The Institute of Economic Affairs is forecasting an increase in the Policy Rate (PR) by 200 basis points to 26.5 per cent when the Governor of the Bank of Ghana announced developments in the Ghanaian economy today.
According to the institute, the significant gap between inflation and the policy rate had compelled banks to access Central Bank funds at cheaper rates and on-lend to the government at higher rates, which was impacting negatively on the economy.
“The decision regarding the PR is rather tricky and challenging at this time. We note that a significant gap has opened between the PR, at 24.5 per cent, and inflation, at 40.5 per cent. This is not uncommon. However, it is rather unusual, especially in the Ghanaian context, where the real PR has been, more often than not, positive. Similarly, the PR has fallen far behind Treasury Bill rates, which are over 35 per cent,” it stated in a statement signed by the Director of Research, Dr John Kwakye.
“This has caused misalignment between the rates and increased the potential for “round-tripping,” to the extent that it is possible for banks to access Central Bank funds at cheaper rates and on-lend to the government at higher rates. It is also the case that major economies, such as US and UK, have further tightened their policies, increasing the pressure on the currencies of emerging markets and developing countries,” it explained.
Furthermore, the IEA said pressure would mount on the PR since the Bank of Ghana and government were not implementing adequate intervention measures to target directly the underlying causes of inflation.
“Already, interest rates have reached prohibitive levels and hurting the real economy as the cost of doing business has escalated. Reducing the growth projection for 2022 from the original 5.8 per cent to 3.7 per cent in the Mid-Year Budget attests to a slowing economy,” it said.
Notwithstanding, the IEA said inflation was of greater concern and must be the first target of policy, noting “our view is that inflation may go up further in November (2022), reflecting the pipeline pressures, before possibly slowing in December (2022), reflecting the slight decrease in fuel prices and a measure of stability on the foreign exchange market.”

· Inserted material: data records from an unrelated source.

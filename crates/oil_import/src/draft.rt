//! OIL: grammar. What is written of an import before it is read and printed.

use std::alloc::{AllocError, Global};
use std::fmt::Write;

/// Plain OIL so far.
#[derive(Drop)]
pub(crate) struct Draft {
    text: String,
}

impl Draft {
    pub(crate) fn new(alloc: Global) -> Self {
        Draft {
            text: String::new(alloc),
        }
    }

    pub(crate) fn as_bytes(&self) -> &[u8] {
        self.text.as_bytes()
    }

    /// The first lines, up to the CPU's opening brace.
    pub(crate) fn open_file(&mut self, cpu: &str) -> Result<(), AllocError> {
        self.text.push_str("OIL_VERSION = \"2.5\";\nCPU ")?;
        self.text.push_str(cpu)?;
        self.text.push_str(" {\n")
    }

    pub(crate) fn close_file(&mut self) -> Result<(), AllocError> {
        self.text.push_str("};\n")
    }

    /// The first line of an object.
    pub(crate) fn open_object(&mut self, kind: &str, name: &str) -> Result<(), AllocError> {
        self.text.push_str(kind)?;
        self.text.push_str(" ")?;
        self.text.push_str(name)?;
        self.text.push_str(" {\n")
    }

    pub(crate) fn close_object(&mut self) -> Result<(), AllocError> {
        self.text.push_str("};\n")
    }

    /// An attribute without its semicolon.
    pub(crate) fn open_setting(&mut self, word: &str, value: &str) -> Result<(), AllocError> {
        self.text.push_str(word)?;
        self.text.push_str(" = ")?;
        self.text.push_str(value)
    }

    /// The same of a number.
    pub(crate) fn open_number(&mut self, word: &str, number: u32) -> Result<(), AllocError> {
        write!(self.text, "{word} = {number}")
    }

    pub(crate) fn close_setting(&mut self) -> Result<(), AllocError> {
        self.text.push_str(";\n")
    }

    /// An attribute.
    pub(crate) fn setting(&mut self, word: &str, value: &str) -> Result<(), AllocError> {
        self.open_setting(word, value)?;
        self.close_setting()
    }

    /// An attribute that is a number.
    pub(crate) fn number(&mut self, word: &str, number: u32) -> Result<(), AllocError> {
        self.open_number(word, number)?;
        self.close_setting()
    }

    pub(crate) fn open_block(&mut self) -> Result<(), AllocError> {
        self.text.push_str(" {\n")
    }

    pub(crate) fn close_block(&mut self) -> Result<(), AllocError> {
        self.text.push_str("}")
    }
}
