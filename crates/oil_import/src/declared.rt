//! OIL: standard objects. The objects that are declared, as far as the limits of a system allow
//! them.

use crate::attributes::{is_object_name, kind_of};
use crate::braces::inside;
use crate::items::{Item, Written};
use crate::long_names::reason_against_name;
use crate::reasons;
use oil_reader::Kind;
use osek_base::{
    MAX_ALARMS, MAX_COUNTERS, MAX_EVENTS, MAX_MODES, MAX_RESOURCES, MAX_ROUTINES, MAX_TASKS,
};
use std::alloc::{AllocError, Global};

/// The mode that is there without being declared.
pub(crate) const DEFAULT_MODE: &str = "OSDEFAULTAPPMODE";

/// The resource that is there without being declared.
const SCHEDULER: &str = "RES_SCHEDULER";

/// An object that is declared.
#[derive(Clone, Copy)]
pub(crate) struct Declared<'a> {
    pub kind: Kind,
    pub name: &'a str,
    /// Whether it lists an event.
    has_events: bool,
    /// The number of its item.
    pub number: usize,
}

/// The objects that are declared, each name of a kind once.
#[derive(Drop)]
pub(crate) struct DeclaredObjects<'a> {
    list: Vec<Declared<'a>>,
    /// The names of the alarms that stand for actions of schedule tables.
    made: Vec<String>,
}

/// Whether an object is the resource that is there without being declared.
pub(crate) fn is_scheduler(kind: Kind, name: &str) -> bool {
    kind == Kind::Resource && name == SCHEDULER
}

/// How many objects of a kind there are at most.
fn limit_of(kind: Kind) -> usize {
    match kind {
        Kind::Os => 1,
        Kind::AppMode => MAX_MODES,
        Kind::Task => MAX_TASKS,
        Kind::Isr => MAX_ROUTINES,
        Kind::Resource => MAX_RESOURCES,
        Kind::Event => MAX_EVENTS,
        Kind::Counter => MAX_COUNTERS,
        Kind::Alarm => MAX_ALARMS,
    }
}

/// What is said where there are more.
fn reason_of(kind: Kind) -> &'static str {
    match kind {
        Kind::Os => reasons::ONE_OS,
        Kind::AppMode => reasons::TOO_MANY_MODES,
        Kind::Task | Kind::Alarm => reasons::TOO_MANY_TASKS,
        Kind::Isr => reasons::TOO_MANY_ROUTINES,
        Kind::Resource | Kind::Event => reasons::TOO_MANY_RESOURCES,
        Kind::Counter => reasons::TOO_MANY_COUNTERS,
    }
}

/// Whether an event is listed among the attributes of an object, which lie at that depth.
fn lists_events(attributes: &[Item<'_>], depth: usize) -> bool {
    for item in attributes {
        if item.depth == depth && item.word == "EVENT" {
            return true;
        }
    }
    false
}

impl<'a> DeclaredObjects<'a> {
    /// The objects among items, which lie at that depth.
    pub(crate) fn new(alloc: Global, items: &[Item<'a>], depth: usize) -> Result<Self, AllocError> {
        let mut objects = DeclaredObjects {
            list: Vec::new(alloc),
            made: Vec::new(alloc),
        };
        for (number, item) in items.iter().enumerate() {
            if item.depth == depth {
                let attributes = inside(items, number, depth);
                let has_events = lists_events(attributes, depth.saturating_add(1));
                objects.declare(item, number, has_events)?;
            }
        }
        Ok(objects)
    }

    fn declare(
        &mut self,
        item: &Item<'a>,
        number: usize,
        has_events: bool,
    ) -> Result<(), AllocError> {
        let Some(kind) = kind_of(item.word) else {
            return Ok(());
        };
        let Written::Name(name) = item.written else {
            return Ok(());
        };
        if !is_scheduler(kind, name) && self.refusal(kind, name).is_none() {
            self.list.push(Declared {
                kind,
                name,
                has_events,
                number,
            })?;
        }
        Ok(())
    }

    /// Declares an alarm that stands for an action of a schedule table.
    pub(crate) fn make(&mut self, name: String) -> Result<(), AllocError> {
        self.made.push(name)?;
        Ok(())
    }

    /// Whether an object of that kind has that name.
    pub(crate) fn has(&self, kind: Kind, name: &str) -> bool {
        let is_made = kind == Kind::Alarm && self.made.iter().any(|made| made.as_str() == name);
        is_made || self.find(kind, name).is_some()
    }

    /// Why no object of that kind and name can be declared besides.
    pub(crate) fn refusal(&self, kind: Kind, name: &str) -> Option<&'static str> {
        if !is_object_name(name) {
            return Some(reason_against_name(name));
        }
        if self.has(kind, name) {
            return Some(reasons::TWICE);
        }
        (self.count(kind) >= limit_of(kind)).then_some(reason_of(kind))
    }

    /// The object of that kind and name.
    pub(crate) fn find(&self, kind: Kind, name: &str) -> Option<Declared<'a>> {
        for object in &self.list {
            if object.kind == kind && object.name == name {
                return Some(*object);
            }
        }
        None
    }

    /// How many objects of a kind there are.
    pub(crate) fn count(&self, kind: Kind) -> usize {
        let mut count: usize = if kind == Kind::Alarm {
            self.made.len()
        } else {
            0
        };
        for object in &self.list {
            if object.kind == kind {
                count = count.saturating_add(1);
            }
        }
        count
    }

    /// The only mode: the one that is declared, or where none is, the one that is there without.
    pub(crate) fn only_mode(&self) -> Option<&'a str> {
        match self.count(Kind::AppMode) {
            0 => Some(DEFAULT_MODE),
            1 => self.first_mode(),
            _ => None,
        }
    }

    fn first_mode(&self) -> Option<&'a str> {
        for object in &self.list {
            if object.kind == Kind::AppMode {
                return Some(object.name);
            }
        }
        None
    }

    /// Whether a task of that name is declared and lists no event.
    pub(crate) fn is_basic(&self, task: &str) -> bool {
        match self.find(Kind::Task, task) {
            Some(object) => !object.has_events,
            None => false,
        }
    }
}
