//! OIL: grammar. What stands in the braces of an item.

use crate::items::Item;

/// What stands in the braces of an item: the items behind it that lie deeper, up to the first that
/// doesn't.
pub(crate) fn inside<'t, 'a>(items: &'t [Item<'a>], number: usize, depth: usize) -> &'t [Item<'a>] {
    let behind = number.saturating_add(1).min(items.len());
    let (_, rest) = items.split_at(behind);
    for (count, item) in rest.iter().enumerate() {
        if item.depth <= depth {
            let (front, _) = rest.split_at(count.min(rest.len()));
            return front;
        }
    }
    rest
}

Again, it said some further increase in the PR might be necessary to consolidate the incipient stability and reassure the markets of the strong commitment to fighting inflation.
“From that standpoint, I expect the PR to be increased by 200 basis points to 26.5 per cent,” it said.
The IEA also expressed happiness that then Bank of Ghana had initiated actions to check some of the abuses of the forex rules and regulations.
This follows calls on the Central Bank to enforce the forex rules, including limits on forex carry-on by travellers, dealings in forex, pricing of goods and services in forex, transfers through banks and unauthorised transfers through forex bureau and other channels.
Furthermore, following the President’s declaration to prioritise imports and restrict importation of certain items, the BoG has followed up by announcing that it will no longer provide forex for importation of those items, which include rice, poultry, vegetable oil, toothpaste, pasta, fruit juice, bottled water, ceramics and tiles.
The IEA stressed that the legitimate question to ask was whether these items would be available in sufficient quantities from local producers, since if shortages should occur, especially ahead of the Christmas period, they could trigger price hikes.
“Given the seasonality of these forex inflows, their disbursement tends to be irregular, which tends to disrupt forex availability and cause volatility in the exchange rate,” it said.